At the time of a transit Venus is of course on a line between the earth and the sun, and she is at somewhat less than a third of the sun’s distance from us. Thus whatever effect an observer’s change of place would produce upon the sun would be more than trebled in the case of Venus. But it must not be forgotten that we are to judge the motions of Venus by means of the dial-plate formed by the solar disc, and that dial-plate is itself shifted as the observer shifts his place. Venus is shifted three times as much, it is true; but it is only the balance of change that our astronomer can recognise. That balance is, of course, rather more than twice as great as the sun’s change of place.
So far, then, we have not gained much, since it has been already mentioned that the sun’s change of place is not measurable by any process of observation astronomers can apply.
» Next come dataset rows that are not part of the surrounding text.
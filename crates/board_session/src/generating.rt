//! Moves that the session generates.

ghost use Rattle.std.specs.Prelude.{◌≡◌, ◌≤◌, ◌<◌, ◌+◌, List, length, IfOk, OnOk, OnErr};
ghost use Rattle.desk_io.specs.declared.lines.TheConstants.{MOST_LINES};
ghost use Rattle.go_grid.specs.Region.{Region};
ghost use Rattle.region_cut.specs.Cut.{AreRegionsOfPlay};
ghost use Rattle.endgame_solver.specs.Faults.{most_steps};
ghost use Rattle.board_session.specs.Cycles.{TellsIn};
ghost use Rattle.board_session.specs.Generating.{Follows, MakesChosen, komi_after, setup_of};
ghost use Rattle.board_orders.specs.Kept.{IsModest};
ghost use Rattle.board_session.specs.Session.{advice_said};
ghost use Rattle.board_orders.specs.Effects.{reply_text};
ghost use Rattle.board_orders.specs.States.{present};
ghost use Rattle.board_session.specs.inner.Doing.{IsGenerated, IsSuggested};
ghost use Rattle.board_session.specs.inner.Settling.{SettlesAs};
ghost use Rattle.board_session.specs.inner.Generating.{IsAdviceOnBoard, MayFollow, MayMake, advice_of};

use crate::advice::{Advice, advise, board_move};
use crate::settling::{Settling, settle};
use board_orders::{BoardMove, BoardSession, accept, move_text, refuse_unsolved};
use endgame_solver::Limits;
use go_grid::{Colour, Size};
use item_list::ItemList;
use local_play::Steps;
use std::alloc::{AllocError, Global};
use std::sync::ledger::Ledger;

/// The komi after a colour's move.
fn komi_after(colour: Colour, chosen: &BoardMove, halves: i64) -> i64
    requires { IsModest halves }
    ensures { result ≡ komi_after colour chosen.now halves }
{
    match (*chosen, colour) {
        (BoardMove::Half, Colour::Black) => halves + 1,
        (BoardMove::Half, Colour::White) => halves - 1,
        (BoardMove::Stone(_), _) => halves,
        (BoardMove::Pass, _) => halves,
    }
}

/// The reply to a colour that asks for a move on a board of the size.
fn reply_to(
    alloc: Global,
    id: &[u8],
    size: Size,
    advice: &Advice,
) -> Result<ItemList<u8>, AllocError>
    requires { IsAdviceOnBoard size.columns size.rows (advice_of advice.now) }
    ensures { IfOk result (λ reply. reply ≡ reply_text id.now
        (advice_said size.columns size.rows (advice_of advice.now))) }
{
    match advice {
        Advice::Chosen(chosen) => {
            let text = move_text(alloc, size, board_move(*chosen))?;
            accept(alloc, id, text.as_bytes())
        }
        Advice::Resigned => accept(alloc, id, b"resign"),
        Advice::Unopened(words) => refuse_unsolved(alloc, id, words),
    }
}

/// What the board comes to with the colour to move.
fn settle_present(
    alloc: Global,
    session: &BoardSession,
    colour: Colour,
) -> Result<Settling, AllocError>
    requires few { length session.now.moves < MOST_LINES }
    ensures settled { IfOk result
        (SettlesAs (setup_of (present session.now) session.now.komi_halves colour)) }
    ensures komi { IsModest session.now.komi_halves }
{
    let position = session.present();
    let black = position.prisoners.of(Colour::Black);
    let white = position.prisoners.of(Colour::White);
    settle(
        alloc,
        &position.board,
        black,
        white,
        session.komi_halves(),
        colour,
    )
}

/// What the colour is told.
fn advise_in<L: Ledger>(
    alloc: Global,
    session: &BoardSession,
    colour: Colour,
    limits: &Limits,
    cycles: bool,
    steps: &mut Steps<L>,
) -> Result<Advice, AllocError>
    requires few { length session.now.moves < MOST_LINES }
    ensures advised { IfOk result (λ advice. TellsIn cycles limits.now session.now colour
        (advice_of advice)) }
    ensures may { IfOk result (λ advice. MayFollow colour (advice_of advice) session.now) }
    ensures steps { (regions : List Region)
        → AreRegionsOfPlay (present session.now).board regions
        → steps.new ≤ steps.old + most_steps limits.now regions }
{
    match settle_present(alloc, session, colour)? {
        Settling::Position(setup) => {
            let passes = session.present().passes;
            advise(alloc, &setup, passes, limits, cycles, steps)
        }
        Settling::Unsettled(words) => Ok(Advice::Unopened(words)),
    }
}

/// Makes a move of the colour that may be made, with the komi after it.
fn make_chosen(
    session: &mut BoardSession,
    colour: Colour,
    chosen: BoardMove,
) -> Result<(), AllocError>
    requires few { length session.old.moves < MOST_LINES }
    requires may { MayMake colour chosen session.old }
    requires komi { IsModest (komi_after colour chosen session.old.komi_halves) }
    ensures made { OnOk result (MakesChosen colour chosen session.old session.new) }
    ensures same { OnErr result (session.new ≡ session.old) }
{
    let halves = komi_after(colour, &chosen, session.komi_halves());
    let _size = session.present().board.size();
    let Some(made) = session.made(colour, chosen)? else {
        // It may be made.
        unreachable!()
    };
    session.add(made)?;
    session.put_komi(halves);
    Ok(())
}

/// Makes the move that the colour is told, if it is told one.
fn follow(session: &mut BoardSession, colour: Colour, advice: &Advice) -> Result<(), AllocError>
    requires few { length session.old.moves < MOST_LINES }
    requires may { MayFollow colour (advice_of advice.now) session.old }
    ensures followed { OnOk result (Follows colour (advice_of advice.now) session.old session.new) }
    ensures same { OnErr result (session.new ≡ session.old) }
{
    match advice {
        Advice::Chosen(chosen) => make_chosen(session, colour, board_move(*chosen)),
        Advice::Resigned => Ok(()),
        Advice::Unopened(_) => Ok(()),
    }
}

/// Makes the engine's move for the colour.
pub(crate) fn generate<L: Ledger>(
    session: &mut BoardSession,
    id: &[u8],
    colour: Colour,
    limits: &Limits,
    cycles: bool,
    steps: &mut Steps<L>,
) -> Result<ItemList<u8>, AllocError>
    requires few { length session.old.moves < MOST_LINES }
    ensures generated { IfOk result
        (λ reply. IsGenerated cycles limits.now colour id.now session.old reply session.new) }
    ensures same { OnErr result (session.new ≡ session.old) }
    ensures steps { (regions : List Region)
        → AreRegionsOfPlay (present session.old).board regions
        → steps.new ≤ steps.old + most_steps limits.now regions }
{
    let alloc = session.allocator();
    let advice = advise_in(alloc, session, colour, limits, cycles, steps)?;
    let reply = reply_to(alloc, id, session.present().board.size(), &advice)?;
    follow(session, colour, &advice)?;
    Ok(reply)
}

/// Tells the engine's move for the colour.
pub(crate) fn suggest<L: Ledger>(
    session: &BoardSession,
    id: &[u8],
    colour: Colour,
    limits: &Limits,
    cycles: bool,
    steps: &mut Steps<L>,
) -> Result<ItemList<u8>, AllocError>
    requires few { length session.now.moves < MOST_LINES }
    ensures suggested { IfOk result
        (λ reply. IsSuggested cycles limits.now colour id.now session.now reply) }
    ensures steps { (regions : List Region)
        → AreRegionsOfPlay (present session.now).board regions
        → steps.new ≤ steps.old + most_steps limits.now regions }
{
    let alloc = session.allocator();
    let advice = advise_in(alloc, session, colour, limits, cycles, steps)?;
    let reply = reply_to(alloc, id, session.present().board.size(), &advice)?;
    Ok(reply)
}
It is to the fact that we have the sun’s disc, whereby to measure the change, that we chiefly trust; and even that would be insufficient were it not for the fact that Venus is not at rest, but travels athwart the great solar dial-plate. We are thus enabled to make a time measurement take the place of a measurement of space. If an observer in one place sees Venus cross the sun’s face at a certain distance from the centre, while an observer at another place sees her follow a path slightly farther from the centre, the transit clearly seems longer to the former observer than to the latter.
This artifice of exchanging a measurement of time for one of space—or _vice versâ_—is a very common one among astronomers. It was Edmund Halley, the friend and pupil of Sir Isaac Newton, who suggested its application in the way above described. It will be noticed that what is required for the successful application of the method is that one set of observers should be as far to the north as possible, another as far to the south, so that the path of Venus may be shifted as much as possible. Clearly the northern observers will see her path shifted as much to the south as it can possibly be, while the southern observers will see the path shifted as far as possible towards the north.
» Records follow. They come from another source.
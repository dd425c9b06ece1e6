//! The stones of a finished game that live, and those that are dead.

ghost use Rattle.std.specs.Prelude.{◌<◌, ◌*◌, All, IfOk};
ghost use Rattle.go_grid.specs.Chain.{IsSettled};
ghost use Rattle.go_grid.specs.Marks.{Lists, Marks};
ghost use Rattle.benson_life.specs.Territory.{IsTerritory};
ghost use Rattle.board_session.specs.Analysing.{HasStatus};
ghost use Rattle.board_session.specs.inner.Analysing.{RepliesStones};

use crate::advice::unsettled_words;
use benson_life::Territory;
use board_orders::{Status, accept, refuse_unscored, vertices_text};
use go_grid::{Board, Point, Points};
use item_list::ItemList;
use std::alloc::{AllocError, Global};

/// The stones of a status.
fn stones_of(board: &Board, territory: &Territory, status: Status) -> Points
    requires { IsTerritory board.now territory.now }
    ensures { Marks result (HasStatus status board.now) }
{
    let (black, white) = (&territory.black, &territory.white);
    match status {
        Status::Alive => black.alive.union(&white.alive),
        Status::Dead => black
            .counted
            .union(&white.counted)
            .difference(&board.empties()),
        Status::Seki => Points::new(),
    }
}

/// The stones of a status on a settled board, lowest first.
fn list_stones(alloc: Global, board: &Board, status: Status) -> Result<Vec<Point>, AllocError>
    requires { IsSettled board.now }
    ensures stones { IfOk result (λ points. Lists points.items (HasStatus status board.now)) }
    ensures on_board { IfOk result (λ points.
        All (λ p. p < board.now.columns * board.now.rows) points.items) }
{
    let _size = board.size();
    let territory = Territory::of(alloc, board)?;
    stones_of(board, &territory, status).to_list(alloc)
}

/// The reply with the stones of a status on a settled board.
fn tell_stones(
    alloc: Global,
    id: &[u8],
    board: &Board,
    status: Status,
) -> Result<ItemList<u8>, AllocError>
    requires { IsSettled board.now }
    ensures { IfOk result (RepliesStones status board.now id.now) }
{
    let stones = list_stones(alloc, board, status)?;
    let text = vertices_text(alloc, board.size(), &stones)?;
    accept(alloc, id, text.as_bytes())
}

/// The reply with the stones of a status.
pub(crate) fn report_stones(
    alloc: Global,
    id: &[u8],
    board: &Board,
    status: Status,
) -> Result<ItemList<u8>, AllocError>
    ensures { IfOk result (RepliesStones status board.now id.now) }
{
    if let Some(point) = board.unsettled()? {
        let words = unsettled_words(alloc, board, point)?;
        return refuse_unscored(alloc, id, &words);
    }
    tell_stones(alloc, id, board, status)
}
One thing, however, is to be remembered. A transit lasts several hours, and our observers must be so placed that the sun will not set during these hours. This consideration sometimes involves a difficulty. For our earth does not supply observing room all over her surface, and the region where observation would be most serviceable may be covered by a widely-extended ocean. Then again, the observing parties are being rapidly swayed round by the rotating earth and it is often difficult to fix on a spot which may not, through this cause, be shifted from a favourable position at the beginning of the transit to an unfavourable one at the end.
Without entering on all the points of difficulty involved by such considerations as these, I may simply indicate the fact that the astronomer has a problem of considerable complexity to solve in applying Halley’s method of observation to a transit of Venus.
It was long since pointed out by the French astronomer Delisle that the subject may be attacked another way—that, in fact, instead of noticing how much longer the transit lasts in some places than in others, the astronomer may inquire how much earlier it begins or ends in some places than in others.